Paige McIntosh — Grief as Rage

Paige’s punch is the most cathartic moment of the season. Elle Chapman plays it not as a character flaw but as proof that Paige loved her father more deeply than her reserved exterior ever showed. The moment strips away her indulgent persona and reveals a raw, hurt young woman who simply cannot accept that the world keeps spinning after her father’s death.

Phil Yorn — The Unconventional Guide

Will Arnett’s dramatic turn is arguably the biggest surprise of the season. Phil is not a gentle listener — he’s a challenger. He pushes Stacy, provokes her, and refuses to validate her performed composure. His central advice — “Give yourself permission” — becomes the key that unlocks the entire season’s emotional throughline.
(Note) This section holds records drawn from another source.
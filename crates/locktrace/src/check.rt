//! How does the command `check` read its text? [`check_file`] checks a file in pieces, with as many threads as there
//! are processors. [`check_reader`] checks an input that cannot be read at an offset, such as a pipe, on one thread.
//! Both report their progress on standard error, if it is a terminal.
use crate::failure::{TraceFailure, of_audit};
use crate::follow::write_text;
use crate::input::open;
use crate::output::{Output, ending_of};
use crate::progress_line::ProgressLine;
use lt_checker::Report;
use lt_trace_check::{AuditError, CutPlan, check_pieces, check_stream_with};
use std::alloc::Global;
use std::fs;
use std::io::{BufRead, Write};
use std::thread::{Threads, available_parallelism};

/// The most threads at a time.
const MOST_THREADS: usize = 64;

/// Ends the line of progress, and writes the numbers of the keys and the steps.
fn answer<W: Write>(
    alloc: Global,
    verdict: Result<Report, AuditError>,
    output: &mut W,
    line: &mut ProgressLine,
) -> Result<(), TraceFailure> {
    line.end();
    let report = match verdict {
        Ok(report) => report,
        Err(error) => return Err(of_audit(error)),
    };
    let text = format!(in alloc; "ok {} keys {} steps\n", report.keys, report.steps)?;
    write_text(output, text.as_bytes())
}

/// Checks the text that the reader gives, and writes the numbers of its keys and steps.
pub fn check_reader<R: BufRead, W: Write>(
    alloc: Global,
    reader: &mut R,
    output: &mut W,
    line: &mut ProgressLine,
) -> Result<(), TraceFailure> {
    let verdict = check_stream_with(alloc, reader, line);
    answer(alloc, verdict, output, line)
}

/// The length of the file in bytes, if it is one that can be read at any offset.
pub fn len_of_file(rt: &HostRuntime, name: &str) -> Option<u64> {
    let data = fs::metadata(rt, name).ok()?;
    if data.is_file() {
        Some(data.len())
    } else {
        None
    }
}

/// How many pieces are checked at once: one for each processor.
fn at_once<H: Threads>(threads: &H) -> usize {
    match available_parallelism(threads) {
        Ok(count) => count.get().min(MOST_THREADS),
        Err(_) => 1,
    }
}

/// Checks the file, and writes the numbers of its keys and steps.
pub fn check_file<H: Threads + Sync>(
    threads: &H,
    rt: &HostRuntime,
    name: &str,
    line: &mut ProgressLine,
) -> Result<(), TraceFailure> {
    let file = open(rt, name)?;
    let plan = CutPlan::of_pieces(at_once(threads));
    let verdict = check_pieces(threads, rt.alloc(), &file, &plan, line);
    let mut output = Output::new(rt.stdout());
    let ending = answer(rt.alloc(), verdict, &mut output, line);
    ending_of(ending, &output)
}
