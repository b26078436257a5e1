//! How are the steps of a legal text summarized? [`Gatherer`] gives each step to the statistics, and
//! [`Gatherer::text`] is the summary. docs/LOCKTRACE.md, "The summary of a legal text", describes its lines.
use crate::failure::TraceFailure;
use crate::follow::StepTaker;
use lt_checker::{Checker, Line, Report};
use lt_ids::Key;
use lt_rules::QueueLengths;
use lt_trace_statistics::{HotKey, LongestQueue, LongestWait, Statistics, StepCounts, TextSummary};
use std::alloc::{AllocError, Global};

/// Gives the steps of a text to the statistics.
#[derive(Drop)]
pub struct Gatherer {
    alloc: Global,
    statistics: Statistics,
}

impl StepTaker for Gatherer {
    fn take(&mut self, checker: &Checker, line: Line) -> Result<Vec<u8>, TraceFailure> {
        let QueueLengths { writers, readers } = checker.lengths();
        let queue = (writers as u64).saturating_add(readers as u64);
        self.statistics.take(&line, queue)?;
        Ok(Vec::new(self.alloc))
    }
}

/// Appends the line of the waits.
fn put_waits(out: &mut Vec<u8>, counts: &StepCounts) -> Result<(), AllocError> {
    let line = format!(in *out.allocator();
        "waits {}, let through {}, never let through {}\n",
        counts.waits,
        counts.lets,
        counts.unended()
    )?;
    out.extend_from_slice(line.as_bytes())
}

/// Appends a key, and what stands before and after it.
fn put_around(out: &mut Vec<u8>, begin: &str, key: &Key, end: &str) -> Result<(), AllocError> {
    out.extend_from_slice(begin.as_bytes())?;
    out.extend_from_slice(key.as_bytes())?;
    out.extend_from_slice(end.as_bytes())
}

/// Appends the line of the longest queue.
fn put_queue(out: &mut Vec<u8>, longest: &Option<LongestQueue>) -> Result<(), AllocError> {
    let Some(longest) = longest else {
        return out.extend_from_slice(b"longest queue 0\n");
    };
    let alloc = *out.allocator();
    let begin = format!(in alloc; "longest queue {}, at ", longest.requests)?;
    let end = format!(in alloc; " after step {}\n", longest.index)?;
    put_around(out, begin.as_str(), &longest.key, end.as_str())
}

/// The end of a noun of which there are so many.
fn plural(count: u64) -> &'static str {
    if count == 1 { "" } else { "s" }
}

/// Appends the line of the longest wait.
fn put_wait(out: &mut Vec<u8>, longest: &Option<LongestWait>) -> Result<(), AllocError> {
    let Some(longest) = longest else {
        return out.extend_from_slice(b"longest wait 0 steps\n");
    };
    let alloc = *out.allocator();
    let len = longest.to.saturating_sub(longest.from);
    let begin = format!(in alloc;
        "longest wait {} step{}, of ticket {:?} at ",
        len,
        plural(len),
        longest.ticket
    )?;
    let end = format!(in alloc; " from step {} to {}\n", longest.from, longest.to)?;
    put_around(out, begin.as_str(), &longest.key, end.as_str())
}

/// Appends the line of a hot key. Its name takes this many columns.
fn put_hot(out: &mut Vec<u8>, hot: &HotKey, width: usize) -> Result<(), AllocError> {
    let key = hot.key.as_bytes();
    out.extend_from_slice(b"    ")?;
    out.extend_from_slice(key)?;
    for _ in key.len()..width {
        out.push(b' ')?;
    }
    let end = format!(in *out.allocator();
        "  {} step{}, {} wait{}\n",
        hot.steps,
        plural(hot.steps),
        hot.waits,
        plural(hot.waits)
    )?;
    out.extend_from_slice(end.as_bytes())
}

/// Appends the lines of the hottest keys.
fn put_hottest(out: &mut Vec<u8>, hottest: &[HotKey]) -> Result<(), AllocError> {
    if hottest.is_empty() {
        return Ok(());
    }
    let mut width = 0;
    for hot in hottest {
        width = width.max(hot.key.as_bytes().len());
    }
    out.extend_from_slice(b"hottest keys:\n")?;
    for hot in hottest {
        put_hot(out, hot, width)?;
    }
    Ok(())
}

/// Appends the lines of a summary.
fn put_summary(out: &mut Vec<u8>, summary: &TextSummary) -> Result<(), AllocError> {
    put_waits(out, &summary.counts)?;
    put_queue(out, &summary.longest_queue)?;
    put_wait(out, &summary.longest_wait)?;
    put_hottest(out, &summary.hottest)
}

/// The line with the numbers of a report, and the summary below it.
fn text_of(alloc: Global, report: &Report, summary: &TextSummary) -> Result<Vec<u8>, AllocError> {
    let line = format!(in alloc; "ok {} keys {} steps\n", report.keys, report.steps)?;
    let mut out = Vec::from_slice(alloc, line.as_bytes())?;
    put_summary(&mut out, summary)?;
    Ok(out)
}

impl Gatherer {
    pub fn new(alloc: Global) -> Gatherer {
        Gatherer {
            alloc,
            statistics: Statistics::new(alloc),
        }
    }

    /// The summary of the steps that were taken, below the line with these numbers.
    pub fn text(self, report: &Report) -> Result<Vec<u8>, AllocError> {
        let Gatherer { alloc, statistics } = self;
        let summary = statistics.finish()?;
        text_of(alloc, report, &summary)
    }
}
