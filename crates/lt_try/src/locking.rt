//! How does a transaction take, raise and free its locks, and how does a request look at what it waits for? The
//! calls of a transaction come in two forms: by a pass, and (named `.._in`) by the pass of a guard. A look is by a
//! guard.
ghost use Rattle.std.specs.Prelude.{◌≡◌, ◌≢◌, ◌<◌, Err, IfOk, IfErr, OnErr, length};
ghost use Rattle.lt_rules.specs.declared.call.Call.TheVariants.{Acquire, Update, Finish};
ghost use Rattle.lt_walk.specs.Reported.{ReportsCall, ReportsLook};
ghost use Rattle.lt_try.specs.Refused.{RefusesForOthers};

use crate::error::TryError;
use crate::table::TryTable;
use lt_ids::{Key, Timestamp, TxnId};
use lt_rules::{Call, KeyTable};
use lt_shard::{Answer, EmptyTables};
use lt_walk::{Guard, KeySteps, look_on, step_in};
use lt_words::{Keeping, Pass, Waker};

/// Each call makes one key step in the key's shard. It is refused if another caller is in the shard (`Busy`), if the shard
/// holds as many steps as it may (a shard that records none never does), or if an allocation fails. After a refusal the
/// pass is as it was ([`TryError`] says more of `Lost`).
///
/// In a table that records no steps, an update, a finish and a look are refused only as `Busy` or `Lost`: whoever holds a
/// lock can give it up as soon as nobody else is in the shard.
impl<T: KeyTable + Drop, M: EmptyTables<T>, W: Waker> TryTable<T, M, W> {
    /// The transaction takes the lock of the key, or raises the timestamp of the lock that it holds.
    pub fn acquire(
        &self,
        pass: &mut Pass,
        key: &Key,
        txn: TxnId,
        ts: Timestamp,
    ) -> Result<Answer, TryError>
        requires pass { pass.old.of ≡ self.now.of }
        ensures ok { IfOk result (λ a. ReportsCall pass.old pass.new key.now (Acquire txn ts) a) }
        ensures err { OnErr result (pass.new ≡ pass.old) }
        ensures never_full { self.now.of.keeping ≡ Keeping.Unrecorded → result ≢ Err TryError.HistoryFull }
    {
        self.step(pass, key, &Call::Acquire { txn, ts })
    }

    /// The transaction raises the timestamp of the lock that it holds.
    pub fn update(
        &self,
        pass: &mut Pass,
        key: &Key,
        txn: TxnId,
        ts: Timestamp,
    ) -> Result<Answer, TryError>
        requires pass { pass.old.of ≡ self.now.of }
        ensures ok { IfOk result (λ a. ReportsCall pass.old pass.new key.now (Update txn ts) a) }
        ensures err { OnErr result (pass.new ≡ pass.old) }
        ensures always { IfErr result (λ e. RefusesForOthers self.now.of.keeping e) }
    {
        self.step(pass, key, &Call::Update { txn, ts })
    }

    /// The transaction frees the lock that it holds.
    pub fn finish(&self, pass: &mut Pass, key: &Key, txn: TxnId) -> Result<Answer, TryError>
        requires pass { pass.old.of ≡ self.now.of }
        ensures ok { IfOk result (λ a. ReportsCall pass.old pass.new key.now (Finish txn) a) }
        ensures err { OnErr result (pass.new ≡ pass.old) }
        ensures always { IfErr result (λ e. RefusesForOthers self.now.of.keeping e) }
    {
        self.step(pass, key, &Call::Finish { txn })
    }

    /// [`TryTable::acquire`] through the pass of a guard.
    pub fn acquire_in(
        &self,
        guard: &mut Guard,
        key: &Key,
        txn: TxnId,
        ts: Timestamp,
    ) -> Result<Answer, TryError>
        requires pass { guard.old.pass.of ≡ self.now.of }
        ensures ok { IfOk result (λ a. ReportsCall guard.old.pass guard.new.pass key.now (Acquire txn ts) a) }
        ensures err { OnErr result (guard.new ≡ guard.old) }
        ensures never_full { self.now.of.keeping ≡ Keeping.Unrecorded → result ≢ Err TryError.HistoryFull }
        ensures walk { guard.new.walk ≡ guard.old.walk }
    {
        step_in(self, guard, key, &Call::Acquire { txn, ts })
    }

    /// [`TryTable::update`] through the pass of a guard.
    pub fn update_in(
        &self,
        guard: &mut Guard,
        key: &Key,
        txn: TxnId,
        ts: Timestamp,
    ) -> Result<Answer, TryError>
        requires pass { guard.old.pass.of ≡ self.now.of }
        ensures ok { IfOk result (λ a. ReportsCall guard.old.pass guard.new.pass key.now (Update txn ts) a) }
        ensures err { OnErr result (guard.new ≡ guard.old) }
        ensures always { IfErr result (λ e. RefusesForOthers self.now.of.keeping e) }
        ensures walk { guard.new.walk ≡ guard.old.walk }
    {
        step_in(self, guard, key, &Call::Update { txn, ts })
    }

    /// [`TryTable::finish`] through the pass of a guard.
    pub fn finish_in(&self, guard: &mut Guard, key: &Key, txn: TxnId) -> Result<Answer, TryError>
        requires pass { guard.old.pass.of ≡ self.now.of }
        ensures ok { IfOk result (λ a. ReportsCall guard.old.pass guard.new.pass key.now (Finish txn) a) }
        ensures err { OnErr result (guard.new ≡ guard.old) }
        ensures always { IfErr result (λ e. RefusesForOthers self.now.of.keeping e) }
        ensures walk { guard.new.walk ≡ guard.old.walk }
    {
        step_in(self, guard, key, &Call::Finish { txn })
    }

    /// What the request finds at the key with this index in its list, from 0. A look is a key step too; it changes
    /// no record.
    pub fn look(&self, guard: &mut Guard, index: usize) -> Result<Answer, TryError>
        requires pass { guard.old.pass.of ≡ self.now.of }
        requires index { index < length guard.old.walk.asked.keys }
        ensures ok { IfOk result (λ a. ReportsLook guard.old guard.new index a) }
        ensures err { OnErr result (guard.new ≡ guard.old) }
        ensures always { IfErr result (λ e. RefusesForOthers self.now.of.keeping e) }
        ensures walk { guard.new.walk ≡ guard.old.walk }
    {
        look_on(self, guard, index)
    }
}
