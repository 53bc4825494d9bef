//! A script out of a source, played over a link of the net, with what is written of it.
#![tactic(auto)]

mod read;
mod run;

pub use read::{MOST_LINES, ScriptRead, read_script};
pub use run::{ScriptEnd, ScriptSession, WrittenScript, play_and_write};
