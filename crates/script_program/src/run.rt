//! The run of a script with what it writes.
ghost use Rattle.std.specs.Prelude.{◌≡◌, ◌<◌, ◌≤◌, [], None, IfOk, IfSome, OnErr, OnOk, is_some};
ghost use Rattle.std.specs.List.{All};
ghost use Rattle.edge_links.specs.Counts.{Counted, FaultCounted, nought};
ghost use Rattle.script_text.specs.Scripts.{IsValidLine};
ghost use Rattle.shared_cache.specs.ClientFields.{IsClientMode};
ghost use Rattle.shared_client.specs.Setups.{setup_of};
ghost use Rattle.script_run.specs.Session.{is_pair};
ghost use Rattle.script_program.specs.declared.run.ScriptEnd.TheVariants as ended;
ghost use Rattle.script_program.specs.Complete.{Completes};
ghost use Rattle.script_program.specs.Written.{end_line, EndWrites, NoneWritten};
ghost use Rattle.script_program.specs.Written.{NotPlayed, SessionWrites, WritesScript};

use super::read::{ScriptRead, read_script};
use edge_lines::{SinkFailed, write_all};
use edge_links::{Link, Net, NetFailed, Sink, Source};
use resp_value::NoMemory;
use script_run::{Played, PumpedLink, SessionEnd, play_script, report};
use script_text::ScriptLine;
use shared_cache::Shape;
use shared_client::{ClientSetup, SharedClient};
use socket_links::Wakeable;
use std::alloc::Global;
use std::sync::Wait;
use std::thread::Threads;
use turn_lock::Closed;

/// How the run of a script ends.
#[derive(Clone, Copy, Debug, PartialEq, Eq)]
pub enum ScriptEnd {
    /// The session was played, and ended so.
    Played(SessionEnd),
    /// The first line outside the grammar; nothing was played.
    BadLine(u64),
    ReadFault,
    NetFault,
    /// Memory ran out before a session was played.
    NoMemory,
}

/// A session that was played.
#[derive(Drop)]
pub struct ScriptSession<L> {
    /// The client, with its log.
    pub client: Closed<SharedClient>,
    pub main: PumpedLink<L>,
    pub side: Option<PumpedLink<L>>,
}

/// What a script came to that wrote of it.
#[derive(Drop)]
pub struct WrittenScript<L> {
    pub session: Option<ScriptSession<L>>,
    pub end: Result<ScriptEnd, SinkFailed>,
}

/// Reads the script of the source, plays it on a client of that setup over links that the net
/// dials, Side first where there is one, and writes the answers and then the last line. Nothing is
/// dialled unless all lines are in the grammar.
pub fn play_and_write<R: Threads + Wait + Sync, S: Source, K: Sink, N: Net>(
    rt: &R,
    alloc: Global,
    setup: ClientSetup,
    host: &str,
    port: u16,
    input: &mut S,
    output: &mut K,
    net: &mut N,
) -> WrittenScript<N::Link>
where
    N::Link: Wakeable,
    requires mode { IsClientMode setup.mode }
    requires capacity { (0 < setup.capacity) × (setup.capacity ≤ 1000000) }
    requires log_max { 0 < setup.log_max }
    ensures writes { WritesScript N.Link.left N.Link.contents N.Link.counts (setup_of setup)
        (S.left input.old) result.session result.end (S.counts input.old) (S.counts input.new)
        (N.counts net.old) (N.counts net.new) (K.contents output.old) (K.contents output.new) }
    ensures write { OnErr result.end
        (Counted (K.counts output.old).faults (K.counts output.new).faults) }
    ensures complete { ¬ Counted (S.counts input.old).faults (S.counts input.new).faults
        → ¬ Counted (N.counts net.old).faults (N.counts net.new).faults
        → ¬ Counted (K.counts output.old).faults (K.counts output.new).faults
        → Completes N.Link.left N.Link.contents N.Link.counts (setup_of setup)
        (S.left input.old) result.session result.end }
{
    let lines = match read_script(alloc, input) {
        ScriptRead::Lines(lines) => lines,
        ScriptRead::BadLine(number) => return unplayed(alloc, ScriptEnd::BadLine(number), output),
        ScriptRead::Failed => return unplayed(alloc, ScriptEnd::ReadFault, output),
        ScriptRead::NoMemory => return unplayed(alloc, ScriptEnd::NoMemory, output),
    };
    match dial_all(net, host, port, setup.mode.shape) {
        Ok(links) => play_over(rt, alloc, setup, lines, links, output),
        Err(NetFailed) => unplayed(alloc, ScriptEnd::NetFault, output),
    }
}

// The links of a session.
#[derive(Drop)]
struct Links<L> {
    main: L,
    side: Option<L>,
}

// Dials a link for each that a client of this shape has, Side first.
fn dial_all<N: Net>(
    net: &mut N,
    host: &str,
    port: u16,
    shape: Shape,
) -> Result<Links<N::Link>, NetFailed>
    ensures side { IfOk result (λ l. is_some l.side ≡ is_pair shape) }
    ensures fresh { IfOk result (λ l. N.Link.counts l.main ≡ nought) }
    ensures side_fresh { IfOk result (λ l. IfSome l.side (λ k. N.Link.counts k ≡ nought)) }
    ensures same { OnOk result (N.counts net.new ≡ N.counts net.old) }
    ensures counts { OnErr result (FaultCounted (N.counts net.old) (N.counts net.new)) }
{
    let side = match shape {
        Shape::Single => None,
        Shape::Pair => Some(net.dial(host, port)?),
    };
    let main = net.dial(host, port)?;
    Ok(Links { main, side })
}

// Writes the last line of a run that played nothing.
fn unplayed<K: Sink, L>(alloc: Global, end: ScriptEnd, output: &mut K) -> WrittenScript<L>
    requires { NotPlayed end }
    ensures none { result.session ≡ None }
    ensures writes { NoneWritten end result.end (K.contents output.old) (K.contents output.new) }
    ensures write { OnErr result.end
        (Counted (K.counts output.old).faults (K.counts output.new).faults) }
{
    let end = match end {
        ScriptEnd::BadLine(number) => match format!(in alloc; "bad-line {number}\n") {
            Ok(line) => write_last(end, line.as_bytes(), output),
            Err(_) => write_last(ScriptEnd::NoMemory, b"no-memory\n", output),
        },
        ScriptEnd::ReadFault => write_last(end, b"read-fault\n", output),
        ScriptEnd::NetFault => write_last(end, b"net-fault\n", output),
        _ => write_last(ScriptEnd::NoMemory, b"no-memory\n", output),
    };
    WrittenScript { session: None, end }
}

// Writes the last line of that end.
fn write_last<K: Sink>(end: ScriptEnd, line: &[u8], output: &mut K) -> Result<ScriptEnd, SinkFailed>
    requires { line.now ≡ end_line end }
    ensures bytes { EndWrites result end [] (K.contents output.old) (K.contents output.new) }
    ensures counts { OnErr result
        (Counted (K.counts output.old).faults (K.counts output.new).faults) }
{
    write_all(output, line)?;
    Ok(end)
}

// Plays the lines over the links, and writes the answers and the last line.
fn play_over<R: Threads + Wait + Sync, K: Sink, L: Link + Wakeable + Send + Drop>(
    rt: &R,
    alloc: Global,
    setup: ClientSetup,
    lines: Vec<ScriptLine>,
    links: Links<L>,
    output: &mut K,
) -> WrittenScript<L>
    requires mode { IsClientMode setup.mode }
    requires capacity { (0 < setup.capacity) × (setup.capacity ≤ 1000000) }
    requires log_max { 0 < setup.log_max }
    requires lines { All IsValidLine lines.items }
    requires side { is_some links.side ≡ is_pair setup.mode.shape }
    requires fresh { L.counts links.main ≡ nought }
    requires side_fresh { IfSome links.side (λ l. L.counts l ≡ nought) }
    ensures writes { SessionWrites L.left L.contents L.counts (setup_of setup) lines.items
        result.session result.end (K.contents output.old) (K.contents output.new) }
    ensures write { OnErr result.end
        (Counted (K.counts output.old).faults (K.counts output.new).faults) }
{
    let Links { main, side } = links;
    let Ok(played) = play_script(rt, alloc, setup, lines, main, side) else {
        return unplayed(alloc, ScriptEnd::NoMemory, output);
    };
    let side_end = played.side_end();
    let Played {
        client,
        main,
        side,
        mut answers,
        lines,
    } = played;
    let mut text = Vec::new(alloc);
    let end = match report(
        lines.as_slice(),
        &mut answers,
        main.end,
        side_end,
        &mut text,
    ) {
        Ok(end) => end,
        Err(NoMemory) => SessionEnd::NoMemory,
    };
    let end = write_report(text.as_slice(), end, output);
    WrittenScript {
        session: Some(ScriptSession { client, main, side }),
        end,
    }
}

fn write_report<K: Sink>(
    text: &[u8],
    end: SessionEnd,
    output: &mut K,
) -> Result<ScriptEnd, SinkFailed>
    ensures bytes { EndWrites result (ended.Played end) text.now (K.contents output.old)
        (K.contents output.new) }
    ensures counts { OnErr result
        (Counted (K.counts output.old).faults (K.counts output.new).faults) }
{
    write_all(output, text)?;
    write_all(output, end.line())?;
    Ok(ScriptEnd::Played(end))
}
What This Means for Season 2

The finale sets up several major threads for the already-filmed Season 2:

  • Stacy in Montana: With Stacy choosing to stay at the ranch, Season 2 will likely explore her full-time transition and the challenges of running the property alone.
  • Family Fracture: The family is split between New York and Montana. Will the daughters follow? Will Russell support or sabotage Stacy's decision?
  • Cade Harris: Kevin Zegers's Cade is perfectly positioned for an expanded role as Stacy's neighbor and potential ally (or more) in Season 2.
  • Abigail & Van: Although they said goodbye, the pull of Montana may prove irresistible for Abigail, reopening the door for her connection with Van Davis.

Yellowstone Universe Connections

  • Stacy choosing the land over the city is the quintessential Yellowstone franchise arc. Like John Dutton before her, she discovers that the Montana land is not just property — it’s identity. The difference? She’s choosing it from grief, not from legacy.
  • The image of Stacy sleeping beside a grave on the open land recalls the 1883 finale, where Elsa Dutton is buried on the land that would become the Yellowstone Ranch. Both women, generations apart, are consecrated to Montana soil.
  • The series finale deliberately leaves Stacy isolated on the ranch, mirroring the solitude that defined characters like Kayce Dutton in his East Camp days. The land demands everything, and Stacy is finally willing to give it.

Frequently Asked Questions

How does The Madison Season 1 end?

In the finale, Stacy skips Preston's memorial service in New York, leaves her phone behind, and disappears. Cade discovers her sleeping near Preston's grave in Montana. The ending implies Stacy has chosen to return permanently to the land where she feels closest to her husband, setting up Season 2.

Why did Paige punch her coworker in The Madison?

Paige punched a coworker who made derogatory comments about Preston, suggesting his privilege meant he "deserved" to die. It was a raw outburst of grief and rage, leading to her arrest before Stacy intervened.

Will there be a Season 2 of The Madison?

Yes! Paramount renewed The Madison for Season 2 in August 2025 — before Season 1 even premiered. Season 2 has already been filmed and is expected to continue Stacy's journey in Montana.

What does "I Give Me Permission" mean in The Madison?

The title reflects Stacy's central arc: her therapist Phil (Will Arnett) challenges her to stop grieving according to societal expectations and give herself permission to feel, to be angry, and to choose her own path — even if that means abandoning the performative memorial and returning to Montana alone.

Does Cade find Stacy at the end of The Madison Season 1?

Yes. In the final scene, Cade discovers Stacy sleeping near Preston's grave on the upper areas of the ranch. He notices she has a gun for safety, and they share a tense but emotional conversation. The scene implies Stacy will stay in Montana.